BRINDISI Il Partito Democratico di Brindisi è stato fino a questo momento in silenzio di fronte a chi, in modo strumentale, strategico e a dir poco paradossale ha fatto la “passerella di comunicati” ricchi di una inaspettata ma puntuale propaganda ambientalista che, a mio avviso, fa sfociare la politica in un preoccupante immobilismo tipico del passato. Lo stesso immobilismo che fin’ora ha fatto da freno, da zavorra, a una politica che avrebbe dovuto conciliare industria, progresso e ambiente.
La vicenda che riguarda il consiglio comunale e l’eventualità di costituirsi parte civile nei confronti dell’azienda ENEL, invece di essere discussa in modo serio e approfondito (e soprattutto nelle dovute sedi istituzionali) è diventata una scevra questione mediatica, quasi a voler strappare applausi e consensi, come se fossimo ancora in campagna elettorale.

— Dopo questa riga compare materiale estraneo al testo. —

//! Peers that arrive at a server.

use crate::reports::{Report, Reports};
use crate::server::Server;
use crate::task::Seat;
use paced_stream::AcceptedStream;
use server_front::{Arrival, Listener, NoSeat, Peer, Role, turn_away};
use std::net::SocketAddr;
use std::sync::{Arc, Wait};
use std::time::Clock;

impl<L: Listener + Drop, O: Reports> Server<'_, L, O> {
    /// The seat of the next peer for whom there is one. Peers without one are turned away. The
    /// result is `None` where the server is to end, or a listener of sessions broke.
    pub(crate) fn next_seated<R: Wait + Clock>(&self, rt: &R) -> Option<Seat> {
        for _ in rt.forever() {
            let (role, arrival) = self.door.next_arrival(
                rt,
                || !self.reports.wants_end(),
                |error, pause| self.report_failure(rt, error, pause),
            );
            match arrival {
                Arrival::Peer(stream, address) => {
                    if let Some(seat) = self.seat(rt, role, stream, address) {
                        return Some(seat);
                    }
                }
                Arrival::Over => return None,
                Arrival::Broken => {
                    self.set_broken();
                    return None;
                }
            }
        }
        unreachable!()
    }

    /// Gives a peer a seat of a role's sessions, and returns it, or turns the peer away.
    fn seat<R: Wait + Clock>(
        &self,
        rt: &R,
        role: Role,
        stream: AcceptedStream,
        address: SocketAddr,
    ) -> Option<Seat> {
        let stream = match Arc::new(self.alloc, stream) {
            Ok(stream) => stream,
            Err(refused) => {
                turn_away(&refused.value);
                self.report_refusal(rt, role, NoSeat::NoMemory);
                return None;
            }
        };
        let peer = Peer { stream, address };
        match self.seats_of(role).take(rt, &peer) {
            Ok(number) => Some(Seat { role, number }),
            Err(refusal) => {
                turn_away(&peer.stream);
                self.report_refusal(rt, role, refusal);
                None
            }
        }
    }

    /// Turns the peer of a seat away, for whom no thread was given.
    pub(crate) fn miss_session<R: Wait + Clock>(&self, rt: &R, seat: Seat) {
        let seats = self.seats_of(seat.role);
        if let Some(peer) = seats.peer(rt, seat.number) {
            turn_away(&peer.stream);
        }
        seats.leave(rt, seat.number);
        self.door.discount();
        self.report_refusal(rt, seat.role, NoSeat::NoMemory);
    }

    /// Counts a peer that was turned away, and reports such peers if a report is due.
    fn report_refusal<R: Wait + Clock>(&self, rt: &R, role: Role, refusal: NoSeat) {
        match (refusal, role) {
            (NoSeat::Full, Role::All) => {
                if let Some(count) = self.turned_away.count(rt) {
                    self.reports.report(Report::TurnedAway(count));
                }
            }
            (NoSeat::Full, Role::Lookups) => {
                if let Some(count) = self.lookups_turned_away.count(rt) {
                    self.reports.report(Report::LookupsTurnedAway(count));
                }
            }
            (NoSeat::AddressFull, _) => {
                if let Some(count) = self.address_full.count(rt) {
                    self.reports.report(Report::AddressFull(count));
                }
            }
            (NoSeat::NoMemory, _) => {
                if let Some(count) = self.no_thread.count(rt) {
                    self.reports.report(Report::NoThread(count));
                }
            }
        }
    }

    /// Counts an accept that failed, and reports it if a report is due.
    fn report_failure<R: Wait + Clock>(&self, rt: &R, error: i32, pause: u64) {
        if self.not_accepted.count(rt).is_some() {
            self.reports.report(Report::NotAccepted { error, pause });
        }
    }
}
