//! Laws of outcomes. Each law is the contract of a function that does nothing.

ghost use Rattle.path_db.specs.OutcomeLaws.{EachPutIsCounted, RowsAreCounted};

/// Each segment that is registered inserts a row, updates a row or keeps one, and is counted once.
pub fn each_put_is_counted()
    ensures { EachPutIsCounted }
{}

/// The number of rows before a command and those inserted is the number of rows after it and those
/// dropped.
pub fn rows_are_counted()
    ensures { RowsAreCounted }
{}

Tali atteggiamenti tendono più ad appagare le velleità dei singoli che a risolvere i gravi ed atavici problemi ambientali che da anni stanno minacciando la salute dei brindisini. Non dimentichiamo che oggi, tutti i cittadini, dall’amministrazione Consales, aspettano cambiamenti che siano frutto di scelte coraggiose, magari apparentemente impopolari, ma che possano offrire risposte che le precedenti amministrazioni si sono rifiutate di dare.
E’ indubbio che negli anni l’ENEL ha inquinato e le amministrazioni del passato sono state silenti sfiorando quasi la complicità.
Oggi noi del Partito Democratico, con le istituzioni e l’intera città, attueremo le dovute azioni politiche e legali che saranno necessarie affinché si risolva un problema che non deve risolversi in estremismi sociali, dove famiglie della stessa città si odiano e si osteggiano (Taranto docet). Qui a Brindisi, dobbiamo rimane tutti lucidi, uniti e razionali per arrivare alla risoluzione del problema al netto di dietrologie e demagogie che sono state da ostacolo al necessario progresso ambientale. Ma attenzione: in tutta questa sinergia che nessuno si elevi ad “azionista di maggioranza”, nessuno si arroghi la posizione di “promotore” di cambiamento, ricadremo sicuramente in diatribe politiche che diventerebbero più zavorre che motori di cambiamento.
Questo consiglio comunale con Consales sindaco vigilerà con concretezza su tutti gli accorgimenti strutturali attuati da ENEL e, se sarà necessario denuncerà, senza barattare la salute dei cittadini nè con alberi da piantare, nè con risoluzioni economiche che lascerebbero persistere problematiche ambientali come già accaduto in passato.
Il PD di Brindisi, analizzando con attenzione la questione, non si svincolerà, cosi come affermato già dal Sindaco Consales, dal costituirsi parte civile nei confronti di chi ha inquinato il nostro territorio; cercherà però di fare a meno di protagonismi ed estremismi che creano danno ad un territorio già in forte difficoltà economica, sociale ed ambientale.
Segretario Cittadino PD e Consigliere Comunale – Antonio Elefante (nella foto)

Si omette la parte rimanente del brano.